What you have to do: Each line of the material below is to be checked for "requires"; the number of matching lines is the only output expected.

===== Task input

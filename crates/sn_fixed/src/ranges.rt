//! Ranges of samples.
ghost use Rattle.std.specs.Prelude.{◌≡◌, ◌≤◌, ◌^◌, pos, ◌+ℤ◌, ◌-ℤ◌, ◌<ℤ◌, ◌≤ℤ◌, unsigned_abs};
ghost use Rattle.std.specs.Int.{int_rem_euclid};
ghost use Rattle.sn_fixed.specs.Ranges.{into_range};

use crate::lines::moved;

/// The remainder of `x` by the range. Within the range, and one range above it, that takes no division.
#[tactic(auto, using(crate::proofs::Remainders::within, crate::proofs::Remainders::above))]
fn remainder(x: i64, range: i64) -> i64
    requires { pos 0 <ℤ range }
    ensures value { result ≡ int_rem_euclid x range }
    ensures low { pos 0 ≤ℤ result }
    ensures high { result <ℤ range }
{
    if x < 0 {
        x.rem_euclid(range)
    } else if x < range {
        x
    } else if x - range < range {
        x - range
    } else {
        x.rem_euclid(range)
    }
}

fn above(low: i32, x: i64) -> i64
    requires { unsigned_abs x ≤ 2 ^ 40 }
    ensures { result ≡ x -ℤ low }
{
    x - i64::from(low)
}

/// The sample from `low` on, below `low + range`, that is a whole number of ranges from `x`.
pub fn into_range(low: i32, range: i64, x: i64) -> i32
    requires some { pos 0 <ℤ range }
    requires fits { (low +ℤ range) ≤ℤ pos 2147483648 }
    requires bound { unsigned_abs x ≤ 2 ^ 40 }
    ensures { result ≡ into_range low range x }
{
    moved(low, remainder(above(low, x), range))
}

==========

Answer space: 5